PROBLEM TO WORK ON:
Within the data below, copy each line where the string "groups" is found.

DATA UNDER STUDY:
//! Reads the prepared rows of an RBU database (The RBU Extension, section 2.1).
//!
//! `read_prepared` answers all of them for a target, as groups of batches, or the first refusal, and `plain_target` checks the records of the tables that batches are for. `are_rooted` and `are_known` test what the two ask for.
//!
//! Of one table and one row, `check_table` refuses what is wrong with a `data_` table by itself, and `find_target` finds the table that it is for. `layout_of` says once where the target's columns stand in it, and `read_row` what a row of it prepares, or its first fault. What these mean is said by `DataTables`, `PreparedRows`, `Inputs` and `TargetRecords` in the `specs/` of `prepared_spec`.
//!
//! In `specs/`, `Prepared` and `Targets` have what the calls over a store answer, with `Batches` and `Reading` for one table and its rows; `Tables` and `RowAnswers` what those of one table and one row do, `Layouts` where columns stand, `Keys` that two rows have one key, and `RowAnswersLaws` that a row has one answer.
#![tactic(auto)]

mod batches;
mod fault;
mod groups;
mod keys;
mod layout;
mod prepared;
mod reading;
mod row;
mod sources;
mod store_fault;
mod sums;
mod table;
mod target;
mod values;
mod wrong;

pub use fault::InputError;
pub use layout::{Layout, layout_of};
pub use prepared::{are_rooted, read_prepared};
pub use row::{SizedRow, read_row};
pub use store_fault::StoreFault;
pub use table::{check_table, find_target};
pub use target::{are_known, plain_target};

WRITTEN ANSWER:
//! `read_prepared` answers all of them for a target, as groups of batches, or the first refusal, and `plain_target` checks the records of the tables that batches are for. `are_rooted` and `are_known` test what the two ask for.
mod groups;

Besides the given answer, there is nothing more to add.